Dive Brief:
- U.S. advertisers are pulling back on spending in ways that indicate they are preparing for a recession in the near future, though the downturn may be less severe than initially expected, according to a new report from S&P Global Ratings.
- Ad spending historically has lagged macroeconomic performance, meaning pullbacks weren’t as apparent until contractions had already occurred. That’s changed as the media buying window has shortened, making ad spending potentially more of a “leading indicator” of where the economy is heading, S&P Global Ratings argues.
- The evolution in media buying also means ad spend trends are more liable to fluctuate, and S&P Global Ratings said brands may ramp up buying again sooner than anticipated.
Dive Insight:
S&P Global Ratings joins other forecasters in highlighting patchy advertiser demand driven by the assumption that consumers will continue to watch their wallets given inflation and other macroeconomic headwinds. The research upheld that a recession is likely to take shape in the months ahead but will be “shallower” than previously thought. Consumer spending, which is a closer correlative of GDP than advertising activity, will grow 1.2% this year, according to S&P Global ratings. That figure is ahead of the anticipated 0.7% GDP growth rate in 2023.

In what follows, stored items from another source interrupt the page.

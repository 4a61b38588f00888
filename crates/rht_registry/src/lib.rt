//! The workers of a script: their commands done by the callers of a table, in threads of their own,
//! and what they leave; and a script's schedule replayed, operation by operation.
//!
//! Stands on `rht_run`, whose table all workers share, on `rht_core`, whose runs a replay goes through
//! by itself, and on `rht_script`. Read `specs/Outcomes.antt` first, and for replays `specs/Replays.antt`.
#![tactic(auto)]

mod registry;
mod replaying;

pub use registry::{Outcome, run_workers};
pub use replaying::{ReplayError, replay};
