//! Replays: a script's schedule followed on plain words, event by event, and printed.
//!
//! Stands on `rht_core`'s `State`, which performs the events, and on `rht_script`'s writer. Each
//! line costs at most one put, and an event takes no memory.
//! Read `specs/Replays.antt` first.

ghost use Rattle.std.specs.Prelude.{◌≡◌, ◌+◌, ◌-◌, ◌≤◌, ◌==◌, ◌||◌, ℕ, List, [], OnOk, true, false, flat_map, codes, if◌then◌else◌};
ghost use Rattle.std.specs.List.{AllByRecursion, list_all, range_with_len};
ghost use Rattle.rht_policy.specs.Mix.{mix_named};
ghost use Rattle.rht_io.specs.Told.{Puts};
ghost use Rattle.rht_core.specs.Locals.{is_idle};
ghost use Rattle.rht_core.specs.Runs.{local_of, IsReached};
ghost use Rattle.rht_script.specs.Sound.{IsSoundScript};
ghost use Rattle.rht_script.specs.OperationText.{open_line};
ghost use Rattle.rht_registry.specs.declared.replaying.ReplayError.TheVariants.{Write, Memory};
ghost use Rattle.rht_registry.specs.Replays.{did_text, ended_text, event_text, still_to_end, times, stepping, is_through, finishing, line_played, schedule_played, callers_of, open_text, end_text};
ghost use Rattle.rht_registry.specs.Players.{playing_of, CanPlay, Plays, IsLineFor, Writes, IsReplayed};

mod player;

use self::player::{MOST_EVENTS, Player};
use rht_core::{Local, State, Stepped};
use rht_io::{Failed, Sink, put_all};
use rht_model::{Call, Reply};
use rht_policy::Mix;
use rht_script::{
    Sched, Script, write_closed, write_open, write_operation, write_reply, write_size,
};
use rht_words::Op;
use std::alloc::{AllocError, Global};

/// Why a replay wasn't written to its end.
#[derive(Clone, Copy, Debug, PartialEq, Eq)]
pub enum ReplayError {
    /// The sink had a fault.
    Write,
    /// Memory ran out.
    Memory,
}

impl From<Failed> for ReplayError {
    ghost from_gives = { λ _ error. error ≡ Write };

    fn from(_error: Failed) -> ReplayError {
        ReplayError::Write
    }
}

impl From<AllocError> for ReplayError {
    ghost from_gives = { λ _ error. error ≡ Memory };

    fn from(_error: AllocError) -> ReplayError {
        ReplayError::Memory
    }
}

/// Follows the schedule of a script and prints what that does: the lines of its operations, the
/// reply lines, and at the end what is bound, or who is still in a call. Memory is taken for the
/// table and for a place a worker, and at the end for what is bound.
pub fn replay<M: Mix, O: Sink>(
    alloc: Global,
    script: &Script,
    out: &mut O,
) -> Result<(), ReplayError>
    requires sound { IsSoundScript script.now }
    requires mix { M.mix_of ≡ mix_named script.now.config }
    ensures { IsReplayed M (mix_named script.now.config) script.now O.held O.faults out.old out.new result }
{
    let mut player = Player::<M>::new(alloc, script.config)?;
    play_schedule(out, &mut player, &script.commands, &script.schedule)?;
    write_end(out, &player.state, script.config.callers)
}

/// Plays a schedule, line by line.
fn play_schedule<M: Mix, O: Sink>(
    out: &mut O,
    player: &mut Player<M>,
    commands: &[(u32, Call)],
    schedule: &[Sched],
) -> Result<(), Failed>
    requires can { CanPlay player.old }
    requires lines { AllByRecursion (IsLineFor player.old.state.env.geometry.callers) schedule.now }
    ensures { Plays O.held O.faults out.old out.new result commands.now
        (schedule_played M.mix_of schedule.now (playing_of commands.now player.old)) player.old player.new }
{
    for line in schedule {
        play_line(out, player, commands, *line)?;
    }
    Ok(())
}

/// Plays a line of a schedule.
fn play_line<M: Mix, O: Sink>(
    out: &mut O,
    player: &mut Player<M>,
    commands: &[(u32, Call)],
    line: Sched,
) -> Result<(), Failed>
    requires can { CanPlay player.old }
    requires line { IsLineFor player.old.state.env.geometry.callers line }
    ensures { Plays O.held O.faults out.old out.new result commands.now
        (line_played M.mix_of line (playing_of commands.now player.old)) player.old player.new }
{
    match line {
        Sched::Step { worker, number } => play_steps(out, player, commands, worker, number, true),
        Sched::Skip { worker, number } => play_steps(out, player, commands, worker, number, false),
        Sched::Finish { worker, number } => play_finish(out, player, commands, worker, number),
    }
}

/// Plays so many events of a worker. Where the limit is met the others are passed over.
fn play_steps<M: Mix, O: Sink>(
    out: &mut O,
    player: &mut Player<M>,
    commands: &[(u32, Call)],
    worker: u32,
    number: u32,
    shown: bool,
) -> Result<(), Failed>
    requires can { CanPlay player.old }
    requires first { 1 ≤ worker }
    requires last { worker ≤ player.old.state.env.geometry.callers }
    ensures { Plays O.held O.faults out.old out.new result commands.now
        (times number (stepping M.mix_of shown (worker - 1)) (playing_of commands.now player.old)) player.old player.new }
{
    for _ in 0..number {
        if player.over {
            return Ok(());
        }
        let event = player.event(commands, worker - 1);
        write_event(out, worker, shown, event, player.state.local(worker - 1))?;
    }
    Ok(())
}

/// Plays events of a worker until so many more of its calls have ended, or it has nothing left, or
/// the limit is met.
fn play_finish<M: Mix, O: Sink>(
    out: &mut O,
    player: &mut Player<M>,
    commands: &[(u32, Call)],
    worker: u32,
    number: u32,
) -> Result<(), Failed>
    requires can { CanPlay player.old }
    requires first { 1 ≤ worker }
    requires last { worker ≤ player.old.state.env.geometry.callers }
    ensures { Plays O.held O.faults out.old out.new result commands.now
        (line_played M.mix_of (Sched.Finish worker number) (playing_of commands.now player.old)) player.old player.new }
{
    let mut calls = number;
    for _ in 0..MOST_EVENTS + 1 {
        if is_finished(player, commands, worker - 1, calls) {
            return Ok(());
        }
        let event = player.event(commands, worker - 1);
        write_event(out, worker, false, event, player.state.local(worker - 1))?;
        calls = still_to_end(calls, event);
    }
    Ok(())
}

/// Whether no further event is made of a line that is to end so many more calls of a caller.
fn is_finished<M: Mix>(
    player: &mut Player<M>,
    commands: &[(u32, Call)],
    caller: u32,
    calls: u32,
) -> bool
    requires can { CanPlay player.old }
    requires caller { caller + 1 ≤ player.old.state.env.geometry.callers }
    ensures finished { result ≡ (calls == 0 || (playing_of commands.now player.old).over
        || is_through (playing_of commands.now player.old) caller) }
    ensures playing { playing_of commands.now player.new ≡ playing_of commands.now player.old }
    ensures can { CanPlay player.new }
{
    if calls == 0 || player.over {
        return true;
    }
    player.is_through(commands, caller)
}

/// How many of so many calls are still to end behind an event.
fn still_to_end(calls: u32, event: Option<Stepped>) -> u32
    ensures { result ≡ still_to_end calls event }
{
    match event {
        Some(stepped) if stepped.reply.is_some() => calls.saturating_sub(1),
        Some(_) | None => calls,
    }
}

/// Writes the lines of an event, of which `None` says that the limit stands in its place.
fn write_event<M: Mix, O: Sink>(
    out: &mut O,
    worker: u32,
    shown: bool,
    event: Option<Stepped>,
    local: &Local<M>,
) -> Result<(), Failed>
    ensures { Puts O.held O.faults out.old out.new result (event_text shown worker local.now event) }
{
    let Some(stepped) = event else {
        return put_all(out, b"limit\n");
    };
    write_did(out, worker, shown, stepped.did)?;
    write_ended(out, worker, stepped.reply, local)
}

/// Writes the line of an operation, where there is one and operations are shown.
fn write_did<O: Sink>(
    out: &mut O,
    worker: u32,
    shown: bool,
    did: Option<(Op, u64)>,
) -> Result<(), Failed>
    ensures { Puts O.held O.faults out.old out.new result (did_text shown worker did) }
{
    match did {
        Some((op, old)) if shown => write_operation(out, worker, op, old),
        _ => Ok(()),
    }
}

/// Writes the reply line, where a call has ended.
fn write_ended<M: Mix, O: Sink>(
    out: &mut O,
    worker: u32,
    reply: Option<Reply>,
    local: &Local<M>,
) -> Result<(), Failed>
    ensures { Puts O.held O.faults out.old out.new result (ended_text worker local.now reply) }
{
    match reply {
        Some(reply) => write_reply(out, worker, reply, local.owners(), local.pairs(), true),
        None => Ok(()),
    }
}

/// Writes the lines at the end.
fn write_end<M: Mix, O: Sink>(
    out: &mut O,
    state: &State<M>,
    callers: u32,
) -> Result<(), ReplayError>
    requires { callers ≡ state.now.env.geometry.callers }
    ensures { Writes O.held O.faults out.old out.new result (end_text state.now) }
{
    if are_idle(state, callers) {
        let closed = state.closed()?;
        write_closed(out, &closed)?;
        return Ok(());
    }
    write_calls(out, state, callers)?;
    write_size(out, state.size())?;
    Ok(())
}

/// Whether no caller is in a call.
fn are_idle<M: Mix>(state: &State<M>, callers: u32) -> bool
    requires { callers ≡ state.now.env.geometry.callers }
    ensures { result ≡ list_all (λ c. is_idle (local_of state.now c)) (callers_of state.now) }
{
    for caller in 0..callers {
        if !state.local(caller).is_idle() {
            return false;
        }
    }
    true
}

/// Writes a line for each caller that is in a call.
fn write_calls<M: Mix, O: Sink>(out: &mut O, state: &State<M>, callers: u32) -> Result<(), Failed>
    requires { callers ≡ state.now.env.geometry.callers }
    ensures { Puts O.held O.faults out.old out.new result (flat_map (open_text state.now) (callers_of state.now)) }
{
    for caller in 0..callers {
        write_call(out, caller + 1, state.local(caller).is_idle())?;
    }
    Ok(())
}

/// Writes the line of a worker, unless it is idle.
fn write_call<O: Sink>(out: &mut O, worker: u32, idle: bool) -> Result<(), Failed>
    ensures { Puts O.held O.faults out.old out.new result (if idle then [] else open_line worker) }
{
    if idle {
        return Ok(());
    }
    write_open(out, worker)
}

Underpinning the firm’s latest analysis is the theory that industry watchers may want to change how they view ad spending as a bellwether of macroeconomic health. Traditionally, drops in media activity have been recorded after a recession is in effect. This is a relic of an era where TV and traditional media were king, with many ad placements bought months ahead of time through the upfronts market. Digital’s ascendance over the past decade-plus — accelerated by the pandemic — could reset the equation while making forecasting more difficult.
“We believe visibility into current advertising trends is limited as advertisers remain cautious on the outlook for consumer spending and continue to make spending decisions closer to airtime,” said Naveen Sarma, senior director of U.S. media and telecom at S&P Global Ratings, in a statement. “In our opinion, the U.S. advertising ecosystem is behaving exactly as one would expect it would act if it believed that we were heading into a macroeconomic recession.”
Several shifts have resulted in a media ecosystem where ads are purchased closer to airtime. Those shifts include the encroachment of streaming, connected TV and short-form video on linear cable and broadcast, as well the addition of digital components into traditional media areas such as TV, radio and out-of-home. S&P Global Ratings also called out the emergence of retail media as a major digital spending bucket, though the report did not analyze the channel due to a paucity of financial disclosures from retailers on this front.
Overall, the picture for U.S. advertisers could be worse. S&P Global Ratings raised its U.S. ad spending forecast for this year by 20 basis points to 2.8% growth and foresees 8.4% growth in its preliminary 2024 forecasts. Expectations for digital, which encompasses search, social, video and banner advertising, have held steady at 9% growth for 2023, while TV will see an 8.1% decline this year, also essentially unchanged.
Bright spots to look out for include an extended rebound for automotive and travel, two categories that were hampered by pandemic lulls. Meanwhile, insurance, housing and mortgage lenders, financial services and cryptocurrencies will continue to struggle.
S&P Global Ratings stated that many marketers have learned to invest in brand-building in a downturn to stay competitive following the crucibles of the pandemic and Great Recession. Similarly, high inflation hasn’t created as much whiplash. CPG marketers, for instance, have raised prices, citing factors like higher material costs. That’s allowed them to invest more in marketing.